Records shown:

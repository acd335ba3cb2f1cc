//! Reads what single elements of a tower file say.

ghost use Rattle.std.specs.Prelude.{◌≡◌};
ghost use Rattle.edn_reader.specs.Grammar.{ElementModel};
ghost use Rattle.edn_reader.specs.Lent.{piece_of};
ghost use Rattle.edn_reader.specs.Given.{seen};
ghost use Rattle.tower_file.specs.Stating.{stated_value, stated_initial, stated_kind};
ghost use Rattle.tower_file.specs.Reading.{domain_value, process_of, name_of, needed, name_in, kind_in, initial_in, fixed_in, fixed_of};
ghost use Rattle.tower_file.specs.Steps.{GivesSeen};

use crate::fault::{TowerFault, TowerField};
use edn_reader::{Element, Field};
use intervals::{Initial, Kind, Value};

/// The element in a field that must be there once.
pub fn needed<'t>(field: &Field<'t>, name: TowerField) -> Result<Element<'t>, TowerFault>
    ensures { GivesSeen piece_of result (needed name (seen field.now)) }
{
    match field {
        Field::Once(element) => Ok(*element),
        Field::Absent | Field::Twice => Err(TowerFault::Shape(name)),
    }
}

/// The bytes of an element without its tags.
pub fn name_of<'t>(element: &Element<'t>) -> &'t [u8]
    ensures { result.now ≡ name_of (piece_of element.now) }
{
    element.untagged().text()
}

pub fn read_name<'t>(field: &Field<'t>) -> Result<&'t [u8], TowerFault>
    ensures { GivesSeen (λ name. name.now) result (name_in TowerField.Name (seen field.now)) }
{
    Ok(name_of(&needed(field, TowerField::Name)?))
}

pub fn read_kind(field: &Field) -> Result<Kind, TowerFault>
    ensures { result ≡ kind_in (seen field.now) }
{
    match kind_of(&needed(field, TowerField::Kind)?) {
        Some(kind) => Ok(kind),
        None => Err(TowerFault::Shape(TowerField::Kind)),
    }
}

/// The kind that an element names, tags before it or not: `:safe`, `:regular` or `:atomic`; none for another
/// element.
pub fn kind_of(element: &Element) -> Option<Kind>
    ensures { result ≡ stated_kind (piece_of element.now) }
{
    if element.is_keyword(b":safe") {
        Some(Kind::Safe)
    } else if element.is_keyword(b":regular") {
        Some(Kind::Regular)
    } else if element.is_keyword(b":atomic") {
        Some(Kind::Atomic)
    } else {
        None
    }
}

/// The optional initial value.
pub fn read_initial(field: &Field) -> Result<Option<Initial>, TowerFault>
    ensures { result ≡ initial_in (seen field.now) }
{
    match field {
        Field::Absent => Ok(None),
        Field::Once(element) => match stated_initial(element) {
            Some(initial) => Ok(Some(initial)),
            None => Err(TowerFault::Shape(TowerField::Initial)),
        },
        Field::Twice => Err(TowerFault::Shape(TowerField::Initial)),
    }
}

/// The initial value that an element states, tags before it or not: a value, or unknown for `:unknown`; none for
/// another element.
fn stated_initial(element: &Element) -> Option<Initial>
    ensures { result ≡ stated_initial (piece_of element.now) }
{
    if element.is_keyword(b":unknown") {
        return Some(Initial::Unknown);
    }
    Some(Initial::Known(stated_value(element)?))
}

/// Whether the kind is fixed: by the word `true` or `false`; false where there is none.
pub fn read_fixed(field: &Field) -> Result<bool, TowerFault>
    ensures { result ≡ fixed_in (seen field.now) }
{
    match field {
        Field::Absent => Ok(false),
        Field::Once(element) => fixed_of(element),
        Field::Twice => Err(TowerFault::Shape(TowerField::Fixed)),
    }
}

fn fixed_of(element: &Element) -> Result<bool, TowerFault>
    ensures { result ≡ fixed_of (piece_of element.now) }
{
    let word = name_of(element);
    if word == b"true".as_slice() {
        Ok(true)
    } else if word == b"false".as_slice() {
        Ok(false)
    } else {
        Err(TowerFault::Shape(TowerField::Fixed))
    }
}

/// The value that an element states: nil, or an integer of 64 bits; none for another element.
fn stated_value(element: &Element) -> Option<Value>
    ensures { result ≡ stated_value (piece_of element.now) }
{
    if element.is_nil() {
        return Some(Value::Nil);
    }
    Some(Value::Int(element.as_int()?))
}

/// A value of a domain: nil, or an integer of 64 bits.
pub fn value_of(element: &Element) -> Result<Value, TowerFault>
    ensures { result ≡ domain_value (piece_of element.now) }
{
    match stated_value(element) {
        Some(value) => Ok(value),
        None => Err(TowerFault::Shape(TowerField::Domain)),
    }
}

/// A process: an integer of 64 bits.
pub fn process_of(element: &Element) -> Result<i64, TowerFault>
    ensures { result ≡ process_of (piece_of element.now) }
{
    match element.as_int() {
        Some(number) => Ok(number),
        None => Err(TowerFault::Shape(TowerField::Writers)),
    }
}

What to do: Scan the data above for the string "bool" and copy each line where it appears.

Completed task:
pub fn read_fixed(field: &Field) -> Result<bool, TowerFault>
fn fixed_of(element: &Element) -> Result<bool, TowerFault>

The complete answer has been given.